The script parallel-plantcv-arabidopsis-tcv.py
was used to create an HTCondor job cluster submission file. The script
walks through an input directory of images and creates a job for each image using the plantcv-arabidopsis-tcv-image.py
script as the executable.
usage: parallel-plantcv-arabidopsis-tcv.py [-h] --dir DIR --pdfs PDFS --outdir
OUTDIR --jobfile JOBFILE
[--debug DEBUG]
Create an HTCondor job to process Arabidopsis images infected with TCV.
optional arguments:
-h, --help show this help message and exit
--dir DIR Directory containing images. (default: None)
--pdfs PDFS Naive Bayes PDF file. (default: None)
--outdir OUTDIR Output directory for images. (default: None)
--jobfile JOBFILE Output HTCondor job file. (default: None)
--debug DEBUG Activate debug mode. Values can be None, 'print', or
'plot' (default: None)
The script plantcv-arabidopsis-tcv-image.py
is a PlantCV (http://plantcv.danforthcenter.org) analysis script. For each
input image it outputs an image with plant pixels classified as "healthy" or "unhealthy" and an image with these classes
transparently overlaid onto the original image. It also outputs several text files per image that can be concatenated
to produce output tables for hue histograms, general hue statistics, and 1-, 2-, and 3-component Gaussian Mixture
Models.
usage: plantcv-arabidopsis-tcv-image.py [-h] --image IMAGE --pdfs PDFS
--outfile OUTFILE --outdir OUTDIR
[--debug DEBUG]
Process Arabidopsis images infected with TCV.
optional arguments:
-h, --help show this help message and exit
--image IMAGE An image file. (default: None)
--pdfs PDFS Naive Bayes PDF file. (default: None)

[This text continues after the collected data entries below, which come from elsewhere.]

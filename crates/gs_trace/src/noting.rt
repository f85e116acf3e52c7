//! What a picture tells beside the journal, noted event by event.

ghost use Rattle.std.specs.Prelude.{◌≡◌, ◌++◌, ◌∷◌, [], IfOk, OnOk, map};
ghost use Rattle.gs_trace.specs.Came.{reply_in};
ghost use Rattle.gs_trace.specs.Watched.{Watches, landed, told_by, told_if, told_in};

use crate::came::Came;
use crate::noted::Lines;
use crate::running::{Sink, When};
use gs_core::Reply;
use gs_kernel::{Kernel, Landing};
use gs_policy::Choice;
use gs_ring::ByteRing;
use gs_timeline::{AgentEvent, AgentMark, Fill, Mark, Notes, What};
use std::alloc::{AllocError, Global};

/// Returns a number of lines or of entries in four bytes. There are never more than fit: neither a script nor a history has
/// as many.
#[inline(always)]
fn short(number: usize) -> u32 {
    u32::try_from(number).unwrap_or(u32::MAX)
}

/// What was noted of the events so far.
#[derive(Drop)]
pub(crate) struct Noting {
    lines: Lines,
    marks: Vec<Mark>,
    agents: Vec<AgentMark>,
    fills: Vec<Fill>,
    /// How many bytes of the ring are in use.
    used: usize,
}

impl Noting {
    /// Notes what is so at the beginning: the header's line added one entry, and the ring is empty.
    pub(crate) fn new(alloc: Global, header: usize) -> Result<Noting, AllocError>
        ensures { IfOk result (λ n. n.marks.items ≡ []) }
    {
        Ok(Noting {
            lines: Lines::new(alloc, header)?,
            marks: Vec::new(alloc),
            agents: Vec::new(alloc),
            fills: Vec::new(alloc),
            used: 0,
        })
    }

    /// Lends what was noted, of a ring of so many bytes.
    pub(crate) fn notes(&self, ring: usize) -> Notes<'_> {
        Notes {
            lines: self.lines.entries.as_slice(),
            marks: self.marks.as_slice(),
            agents: self.agents.as_slice(),
            fills: self.fills.as_slice(),
            ring,
        }
    }

    /// Notes what an event did to a transaction.
    #[tactic(auto, using(crate::proofs::Telling::told_push))]
    fn add(&mut self, when: When, cpu: u16, tid: u32, what: What) -> Result<(), AllocError>
        ensures { OnOk result (told_by self.new.marks.items ≡ told_by self.old.marks.items ++ told_if cpu tid what) }
    {
        self.marks.push(Mark {
            line: short(when.line),
            entries: short(when.entries),
            tid,
            what,
            cpu,
        })?;
        Ok(())
    }

    /// Notes what happened to an agent.
    fn add_agent(&mut self, when: When, event: AgentEvent) -> Result<(), AllocError>
        ensures { OnOk result (self.new.marks.items ≡ self.old.marks.items) }
    {
        self.agents.push(AgentMark {
            line: when.line,
            entries: when.entries,
            event,
        })?;
        Ok(())
    }

    /// Notes what a policy planned.
    fn add_choices(&mut self, when: When, choices: &[Choice]) -> Result<(), AllocError>
        ensures { OnOk result (told_by self.new.marks.items ≡ told_by self.old.marks.items) }
    {
        for choice in choices {
            let what = What::Stamped {
                preempt: choice.preempt,
                group: false,
            };
            self.add(when, choice.cpu, choice.tid, what)?;
        }
        Ok(())
    }

    /// Notes what became of slots.
    fn add_landings(&mut self, when: When, landings: &[Landing]) -> Result<(), AllocError>
        ensures { OnOk result (told_by self.new.marks.items ≡ told_by self.old.marks.items ++ map landed landings.now) }
    {
        for landing in landings {
            let what = What::Landed {
                outcome: landing.outcome,
            };
            self.add(when, landing.cpu, landing.tid, what)?;
        }
        Ok(())
    }

    /// Notes what became of a transaction under an older generation.
    fn add_late(&mut self, when: When, number: u32, landing: &Landing) -> Result<(), AllocError>
        ensures { OnOk result (told_by self.new.marks.items ≡ told_by self.old.marks.items ++ (landing.now.cpu, landing.now.tid, What.Late number landing.now.outcome) ∷ []) }
    {
        let what = What::Late {
            number,
            outcome: landing.outcome,
        };
        self.add(when, landing.cpu, landing.tid, what)
    }

    /// Notes an event by its reply.
    #[inline(never)]
    fn hear_reply(&mut self, when: When, reply: &Reply) -> Result<(), AllocError>
        ensures { OnOk result (told_by self.new.marks.items ≡ told_by self.old.marks.items ++ told_in reply.now) }
    {
        match reply {
            Reply::Decided { choices, .. } => self.add_choices(when, choices.as_slice()),
            Reply::Landed { landings, .. } => self.add_landings(when, landings.as_slice()),
            Reply::Late {
                number,
                landing,
                ..
            } => self.add_late(when, *number, landing),
            Reply::Page { count, next, .. } => self.add_agent(
                when,
                AgentEvent::Page {
                    count: *count,
                    next: *next,
                },
            ),
            Reply::Crashed => self.add_agent(when, AgentEvent::Crashed),
            _ => Ok(()),
        }
    }

    /// Notes an event by what came of it.
    #[inline(always)]
    fn hear(&mut self, when: When, came: Came<'_>) -> Result<(), AllocError>
        ensures { OnOk result (told_by self.new.marks.items ≡ told_by self.old.marks.items ++ told_in (reply_in came.entry)) }
    {
        match came {
            Came::Stamped {
                cpu,
                tid,
                flags,
                ..
            } => {
                let what = What::Stamped {
                    preempt: flags.preempt,
                    group: flags.group,
                };
                self.add(when, cpu, tid, what)
            }
            Came::Landed(landings, _) => self.add_landings(when, landings),
            Came::Decided(_, choices) => self.add_choices(when, choices),
            Came::Replied(reply) => self.hear_reply(when, reply),
            _ => Ok(()),
        }
    }

    /// Notes how full the ring is.
    #[inline(always)]
    fn look_at_ring(&mut self, when: When, kernel: &Kernel<ByteRing>) -> Result<(), AllocError>
        ensures { OnOk result (self.new.marks.items ≡ self.old.marks.items) }
    {
        let ring = kernel.poster();
        let used = ring.capacity().saturating_sub(ring.free());
        if used != self.used {
            self.used = used;
            self.fills.push(Fill {
                entries: when.entries,
                used,
            })?;
        }
        Ok(())
    }
}

/// What a picture tells of the events.
impl Sink for Noting {
    ghost has = { Watches };

    #[inline(always)]
    #[tactic(auto, using(crate::proofs::Telling::told_more))]
    fn put(
        &mut self,
        _alloc: Global,
        when: When,
        came: Came<'_>,
        kernel: &Kernel<ByteRing>,
    ) -> Result<(), AllocError> {
        self.hear(when, came)?;
        self.lines.note_entries(when.line, kernel.journal().len())?;
        self.look_at_ring(when, kernel)
    }
}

--outfile OUTFILE Output text filename. (default: None)
--outdir OUTDIR Output directory for images. (default: None)
--debug DEBUG Activate debug mode. Values can be None, 'print', or
'plot' (default: None)
After the hue histogram data is concatenated into a single table, the R script hue_analysis.R
was used to generate
ridgeline plots for the pilot (Col-0 and dcl234) and complete (Col-0, dcl234, and ago1 through 10 single mutants).